黒髪と真夏に子供が着るような晴れやかなオレンジと黄色が基調とされたワンピースを着た少女は目の前にあるフルーツパフェを頬にクリームをつけながら頬張り、晴れやかなまでの純粋な笑顔を浮かべる。その笑顔に浅葱もまた満足げな笑みを浮かべて背中をファミレスのソファーへと預ける。現在、浅葱は今の状況を頭の中で整理するためにこの目の前の少女を連れてファミレスに入っていた。

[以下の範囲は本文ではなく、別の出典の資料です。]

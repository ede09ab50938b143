// `query` and `count`
ghost use Rattle.std.specs.Prelude.{IfOk};
ghost use Rattle.gm_engine_rows.specs.State.{State};
ghost use Rattle.gm_script.specs.Order.{asked_by};
ghost use Rattle.gm_script.specs.Suits.{IsQuestion};
ghost use Rattle.gm_program.specs.Serve.{Executes};
ghost use Rattle.gm_program.specs.Step.{query_step, count_step};
ghost use Rattle.gm_program.specs.Store.{Holds, HasState};

use super::counted::{Counted, count_plan};
use super::plan::{Planned, plan_for};
use super::printed::{Printed, print_found};
use super::rows::read_rows;
use crate::store::Store;
use gm_base::NoMemory;
use gm_scan::Keeping;
use gm_script::{Ask, Reply};
use gm_strategy::{parts_are_served, parts_find_all};
use gm_table::Sorted;
use std::alloc::Global;

/// Finds the features of which a filter is true.
pub(super) fn query<B: Sorted>(
    alloc: Global,
    ask: &Ask,
    store: &Store<B>,
    tally: &mut B::Tally,
) -> Result<Option<Reply>, NoMemory>
    requires kept { HasState store.now.types (B.rows store.now.table) }
    requires suits { IsQuestion store.now.types (asked_by ask.now) }
    ensures { (s : State) → Holds s store.now.types (B.rows store.now.table)
        → IfOk result (λ reply. Executes (query_step (asked_by ask.now) s) reply
        store.now.types (B.rows store.now.table) (B.Tally.number tally.old)
        (B.Tally.number tally.new)) }
{
    parts_are_served();
    parts_find_all();
    let of = &store.types.as_slice()[usize::from(ask.number)];
    match plan_for(alloc, of, ask)? {
        Planned::Refused(code) => Ok(Some(Reply::Refusal { code, row: None })),
        Planned::Parts(plan, target) => {
            let read = read_rows(
                alloc,
                of,
                plan.as_slice(),
                target,
                Keeping::Rows,
                &store.table,
                tally,
            )?;
            let printed = print_found(alloc, of, &read.rows)?;
            let examined = read.examined;
            let Printed { rows, matched } = printed;
            Ok(Some(Reply::Found {
                rows,
                matched,
                examined,
            }))
        }
    }
}

/// Counts the features of which a filter is true.
pub(super) fn count<B: Sorted>(
    alloc: Global,
    ask: &Ask,
    store: &Store<B>,
    tally: &mut B::Tally,
) -> Result<Option<Reply>, NoMemory>
    requires kept { HasState store.now.types (B.rows store.now.table) }
    requires suits { IsQuestion store.now.types (asked_by ask.now) }
    ensures { (s : State) → Holds s store.now.types (B.rows store.now.table)
        → IfOk result (λ reply. Executes (count_step (asked_by ask.now) s) reply
        store.now.types (B.rows store.now.table) (B.Tally.number tally.old)
        (B.Tally.number tally.new)) }
{
    parts_are_served();
    parts_find_all();
    let of = &store.types.as_slice()[usize::from(ask.number)];
    match plan_for(alloc, of, ask)? {
        Planned::Refused(code) => Ok(Some(Reply::Refusal { code, row: None })),
        Planned::Parts(plan, target) => {
            let counted = count_plan(alloc, of, plan.as_slice(), target, &store.table, tally)?;
            let Counted { matched, examined } = counted;
            Ok(Some(Reply::Counted { matched, examined }))
        }
    }
}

突然、自分のこと『ママ』などと呼んだこの少女。彼女は一体何者なのか?その疑問を解決するために

 

「…まあ、予想がつかないわけじゃないけど」

 

いつも自分の学校で幼げな美貌を晒しながら教壇へと登るあの担任教師。この少女には彼女によく似た面影を感じられる。ただ、それだと謎が多い。彼女と自分はそこまで知らない仲ではない。なにせ、担任教師とその生徒なのだ。顔を知らない方がおかしいくらいだ。ならば、彼女と自分が会えば、必ず自分の名前を呼んでくる。もっともそのことについての問題は…

 

「あの…さ?」

「ん?」

「何にも覚えてないんだよね?」

「うん!私の名前も昔のこともなーんにも!」

 

これである。こちらとしては、そんな側から聞けば悲哀な娘そのものの図のような印象を受ける事項を晴れ晴れとした口調で言われても困る。別に浅葱の所為ではないが、なんとなく気分が重くなるのだ。

さて、話は戻るが、少女から感じられる謎。それは何も記憶に限ったことじゃない。いくら幼い見かけだからといって、南宮那月の年齢はもう少し上に感じられた。それは普段の言動がそう感じさせるのかもしれないが、浅葱にとっては今の目の前にいる少女がその見かけよりも大分縮まっているように見えるのだ。

 

外見は似ているが、ここまで相違点が存在するとこの黒髪の少女が何者なのか、いよいよ分からなくなってくる。間違いなく怪しさ100%だ。ただ

 

「そうは言っても、放置はできないわよね。」

 

なんだかんだ言っても、彼女は面倒見がかなりいい。いきなりママと言われたことについては驚いたが、こんな純真無垢な小動物のような少女をパレードで賑わっている現在の絃神島に放置、などという非道なマネができようはずもなかった。

ちなみに今更だが、太陽が真夜中に出ているという異常事態になっているにもかかわらず、島は平常運転だ。皆、魔族特区に住んでいるということが相まってちょっとやそっとの異常事態には耐性がついているのである。具体的に言うと白夜がある地域もあるのだから、地脈とかそういうものの影響で太陽がいきなり出てくるのもあり得るんじゃね、という感じで。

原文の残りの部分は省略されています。